I know I am an old man in comparison to most of those doing movie blogs, but it is still hard for me to believe that it has been forty years since "Alien" first showed up on screen. It sure does not look like a 40 year old film, with maybe the exception of some computer graphics. This movie is one of the great examples of production design enhancing the movie at every turn. Since I have written about this film before, I'm going to try and develop some of the aspects of the movie that may be sometimes overlooked but are crucial to making it work.

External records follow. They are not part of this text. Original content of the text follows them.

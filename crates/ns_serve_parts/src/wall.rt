//! Moments of the wall clock.
ghost use Rattle.std.specs.Prelude.{IfSome};
ghost use Rattle.ns_serve_parts.specs.Wall.{IsUtcOf, Shows};

use jiff_core::civil::DateTime;
use ns_output::Utc;
use std::time::Duration;

// A date with a time of day. None in a year below 0.
fn utc(moment: DateTime) -> Option<Utc>
    ensures { IfSome result (Shows moment) }
{
    let (date, time) = (moment.date, moment.time);
    Some(Utc {
        year: u16::try_from(date.year).ok()?,
        month: date.month,
        day: date.day,
        hour: time.hour,
        minute: time.minute,
        second: time.second,
        millisecond: (time.subsec_nanosecond / 1_000_000) as u16,
    })
}

/// The moment this long after the beginning of 1970, in UTC. None beyond the year 9999.
#[tactic(auto, using(crate::proofs::WallLemmas::is_utc))]
pub fn utc_of(since_1970: Duration) -> Option<Utc>
    ensures { IfSome result (IsUtcOf since_1970) }
{
    match DateTime::from_nanosecond(since_1970.as_nanos() as i128) {
        Ok(moment) => utc(moment),
        Err(_) => None,
    }
}
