//! Log lines that come once a minute at most.
ghost use Rattle.std.specs.Prelude.{◌+◌, ◌≤◌, ◌↔◌, IsTrue};

use std::sync::atomic::{AtomicU64, Ordering};

// Between two such lines, in milliseconds.
const MINUTE_MS: u64 = 60_000;

/// What is logged once a minute at most: when it was last, in milliseconds of the server's clock, and how often it happened since.
#[derive(Drop)]
pub struct Seldom {
    logged_ms: AtomicU64,
    waiting: AtomicU64,
}

/// Whether a minute has passed.
pub(crate) fn is_minute_later(last_ms: u64, now_ms: u64) -> bool
    ensures { IsTrue result ↔ (last_ms + 60000 ≤ now_ms) }
{
    now_ms >= MINUTE_MS && now_ms - MINUTE_MS >= last_ms
}

impl Seldom {
    /// It has not happened yet.
    pub fn new() -> Seldom {
        Seldom {
            logged_ms: AtomicU64::new(0),
            waiting: AtomicU64::new(0),
        }
    }

    /// It happened once more. Where its line is due, how often since the one before.
    pub fn happened(&self, now_ms: u64) -> Option<u64> {
        let count = self
            .waiting
            .fetch_add(1, Ordering::SeqCst)
            .saturating_add(1);
        let last_ms = self.logged_ms.load(Ordering::SeqCst);
        if last_ms > 0 && !is_minute_later(last_ms, now_ms) {
            return None;
        }
        let was = self
            .logged_ms
            .compare_exchange(last_ms, now_ms.max(1), Ordering::SeqCst, Ordering::SeqCst);
        if was.is_err() {
            return None;
        }
        self.waiting.fetch_sub(count, Ordering::SeqCst);
        Some(count)
    }
}
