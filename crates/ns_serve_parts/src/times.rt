//! How long something took, by how often.
use std::sync::atomic::{AtomicU64, Ordering};

// How many bounds there are.
const BOUNDS: usize = 9;

// Each bound in milliseconds, and in seconds as it is written.
const LIMITS: [(u64, &str); BOUNDS] = [
    (5, "0.005"),
    (25, "0.025"),
    (100, "0.1"),
    (250, "0.25"),
    (500, "0.5"),
    (1_000, "1.0"),
    (2_500, "2.5"),
    (5_000, "5.0"),
    (u64::MAX, "+Inf"),
];

/// How often something took at most so long: each time is counted at the first bound that is no less.
#[derive(Drop)]
pub struct Times {
    counts: [AtomicU64; BOUNDS],
    sum_ms: AtomicU64,
}

// The place of the first bound that a number of milliseconds is not over.
fn place_of(ms: u64) -> usize {
    for (place, limit) in LIMITS.iter().enumerate() {
        if ms <= limit.0 {
            return place;
        }
    }
    BOUNDS - 1
}

impl Times {
    /// None yet.
    pub fn new() -> Times {
        Times {
            counts: Default::default(),
            sum_ms: AtomicU64::new(0),
        }
    }

    /// Something took so many milliseconds.
    pub fn add(&self, ms: u64) {
        if let Some(count) = self.counts.get(place_of(ms)) {
            count.fetch_add(1, Ordering::SeqCst);
        }
        self.sum_ms.fetch_add(ms, Ordering::SeqCst);
    }

    /// Each bound in seconds, with how many times are at most as long. The last one has all.
    pub fn within(&self) -> [(&'static str, u64); BOUNDS] {
        let mut within = [("", 0); BOUNDS];
        let mut all: u64 = 0;
        for place in 0..BOUNDS {
            all = all.saturating_add(self.counts[place].load(Ordering::SeqCst));
            within[place] = (LIMITS[place].1, all);
        }
        within
    }

    /// All of them together, in milliseconds.
    pub fn sum_ms(&self) -> u64 {
        self.sum_ms.load(Ordering::SeqCst)
    }
}
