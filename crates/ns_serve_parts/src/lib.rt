//! What a server over sockets is made of: each part by itself, without what the threads share.
//!
//! The table of devices that ask; the tickets that wait; counters, those of datagrams and calls so that threads do not write to the same
//! cache lines; how long things took; the lines of events; moments of the wall clock; what is to be served and why serving ended. What is computed has a contract
//! over its definition in `specs/`. What is counted no contract says.
//! The crate stands on `ns_outside` for what the workers ask of what stands round them, on `ns_calls`, `ns_output`, `ns_exchange`,
//! `ns_link`, `ns_types` and `ns_views`, and on `crossbeam_utils`, `jiff_core`, `lru` and `thiserror` of the kit.
#![tactic(auto)]

mod askers;
mod asks;
mod counts;
mod event_lines;
mod made;
mod options;
mod reads;
mod seed;
mod seldom;
mod times;
mod wall;

pub use askers::Askers;
pub use asks::Asks;
pub use counts::{Counts, more, value};
pub use event_lines::EventLines;
pub use made::{Made, PLACES};
pub use options::{ServeFault, ServeOptions};
pub use reads::Reads;
pub use seed::keys;
pub use seldom::Seldom;
pub use times::Times;
pub use wall::utc_of;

H.R. Geiger and Jean 'Moëbius' Giraud deserve the rightful praise for the creature and environmental design work they did. Oscar nominees Michael Seymour, Leslie Dilley, Roger Christian and Ian Whittaker should also be saluted for turning this movie into a template for future Science Fiction films. The first character we met in the movie is The Nostromo, a mining ship returning from an extended mission to the outer rim of the galaxy. There is a long slow pan across the outside of the ship that moves across it's underbelly and shows us the haphazard placement of unidentified technology that makes up the ship. When we slip inside the vehicle, the camera moves around dark dank corridors of the mining platform, through to the command module of the ship and then to the crew quarters. There are empty coffee cups and food containers and a variety of nick knacks that might be left around by a group of people on a long term project. We can see objects on stands shimmy with the movement of the space craft, and there is one of those perpetual dunking ducks, that is still working, even as the crew slumbers in hibernation. As the computer comes on with new instructions to awaken the crew, we see the screen reflected on the visor of a flight helmet. This is an interior that we come to understand. It is complex but also well used.
The hibernation chamber is probably the cleanest hi-tech room we see, and after that, the med-lab. When you get into the mining platform, it is all dark corridors and steam pipe fittings and condensation falling like rain down on equipment and people. The escape shuttle looks sufficiently cramped and dark so it was not hard to imagine why Ripley did not see the Alien tucked into a tight space at the start of her escape. Of course the vessel on the planet is also a design of gargantuan proportions and it is otherworldly through and through.
For other comments on the film, let me direct you first to my original project, where Alien was the focus of the 11th post I did. Four years ago I did a special screening of "Alien" and "Aliens" at the Egyptian theater, which included some special effects guests and was very good.
It was a nice day to celebrate the 40th anniversary of this essential film.